The prevailing opinion at Fidelity, Fisher notes, is that it’s still just a little too soon to say with confidence how onerous it will be for advisers (and other firms in the investment services chain) to meet the new fiduciary standard and to use the best-interest contract (BIC) programmed into the proposed version of the rule published last year. Fisher feels that many firms serving plan sponsors will have to use the BIC, “or they will have to move quickly to level compensation and find a way to eliminate any other conflicts. Some firms will have an easier time doing that than others; there is no boilerplate.”

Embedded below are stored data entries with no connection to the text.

// Laws of prompt traces, each named by the contract of a function that does nothing.

ghost use Rattle.std.specs.Prelude.{ℕ, ◌≡◌, ◌<◌, ◌≤◌, ◌+◌, ◌*◌, ◌^◌, false, List, [], ◌∷◌, length, Some, None};
ghost use Rattle.std.specs.List.{AllByRecursion};
ghost use Rattle.due_model.specs.bus_trace.specs.declared.Row.{Row};
ghost use Rattle.due_model.specs.bus_trace.specs.Trace.{bus, last_time};
ghost use Rattle.due_model.specs.bus_trace.specs.declared.Kind.TheVariants.{Drives};
ghost use Rattle.due_model.specs.bus_rules.specs.Reset.{only_rst};
ghost use Rattle.due_model.specs.bus_rules.specs.Lawful.{AreLawful};
ghost use Rattle.due_model.specs.bus_rules.specs.Rules.{broken_rule};
ghost use Rattle.due_model.specs.scenario.specs.Value.{ScenarioValue};
ghost use Rattle.due_model.specs.scenario.specs.Writing.{Obeys};
ghost use Rattle.due_model.specs.reaction_model.specs.declared.due.Due.{Due};
ghost use Rattle.due_model.specs.Next.{due, next, IsPrompt};
ghost use Rattle.bus_laws.specs.Stages.{BusStage, Standing, NextRow, is_connected, HaveNoConnection};

/// What stands on the bus goes on from stage to stage: the free bus, arbitration, the rise of SEL, selection and
/// reselection with and without an answer, and the reset condition (6.1.1 to 6.1.4, 6.2.2). Before any row the bus is
/// free (`start`). As long as no connection stands, the next row, of whichever device and whatever faults and resets
/// the scenario has, obeys all 28 rules, comes no sooner than the last, and leaves one of these stages, or the
/// beginning of a connection; and nothing that is due lies in the past (`next`). So does a row that raises RST, a
/// connection or not (`reset`). What held before such a row holds after it (`holds`).
pub fn stages_go_on()
    ensures start { (s : ScenarioValue) → Standing s [] × BusStage s [] }
    ensures next { (s : ScenarioValue) (rows : List Row) (row : Row) → Obeys s → Standing s rows → BusStage s rows
        → is_connected rows ≡ false → next s rows ≡ Some row → NextRow s rows row }
    ensures reset { (s : ScenarioValue) (rows : List Row) (row : Row) → Standing s rows → (bus rows).rst ≡ false
        → next s rows ≡ Some row → row.kind ≡ Drives only_rst → NextRow s rows row }
    ensures holds { (s : ScenarioValue) (rows : List Row) (row : Row) → Standing s rows → next s rows ≡ Some row
        → NextRow s rows row → is_connected (row ∷ rows) ≡ false → Standing s (row ∷ rows) }
{}

/// Up to its first connection a prompt trace obeys every rule of the bus (`lawful`), and nothing that is due after it
/// lies in the past (`ahead`); the row that begins the connection obeys every rule, too (`next`).
pub fn traces_are_lawful_up_to_a_connection()
    ensures lawful { (s : ScenarioValue) (rows : List Row) → Obeys s → IsPrompt s rows → HaveNoConnection rows
        → AreLawful rows }
    ensures ahead { (s : ScenarioValue) (rows : List Row) → Obeys s → IsPrompt s rows → HaveNoConnection rows
        → (dev : ℕ) → dev < 8 → (x : Due) → due s rows dev ≡ Some x → last_time rows ≤ x.time }
    ensures next { (s : ScenarioValue) (rows : List Row) (row : Row) → Obeys s → IsPrompt s rows → HaveNoConnection rows
        → next s rows ≡ Some row → broken_rule rows row ≡ None }
{}

/// A row of a prompt trace comes within 1,000,100,000 ns of the rows before it or, where that is later, of 10^12 ns,
/// the last time that a scenario may name (`each`). So a trace of at most 2^32 rows ends before 2^62 ns (`far`).
pub fn rows_come_in_time()
    ensures each { (s : ScenarioValue) (rows : List Row) → Obeys s → IsPrompt s rows
        → AllByRecursion (λ (row : Row). row.time < 1000000000001 + length rows * 1000100000) rows }
    ensures far { (s : ScenarioValue) (rows : List Row) → Obeys s → IsPrompt s rows → length rows ≤ 2 ^ 32
        → AllByRecursion (λ (row : Row). row.time < 2 ^ 62) rows }
{}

The adviser expectations study concludes that “dramatic change to the way financial services firms and advisers offer investment education to American investors will be needed,” and as such the rule will alter the way retirement recordkeepers and advisers alike receive compensation for the investment products and services they sell and service. 

“All of this matters deeply to the way plan sponsors do their part of the work,” Fisher says. “They must come to a good understand of what the BIC is and why it is important. That’s part of their own fiduciary responsibility.”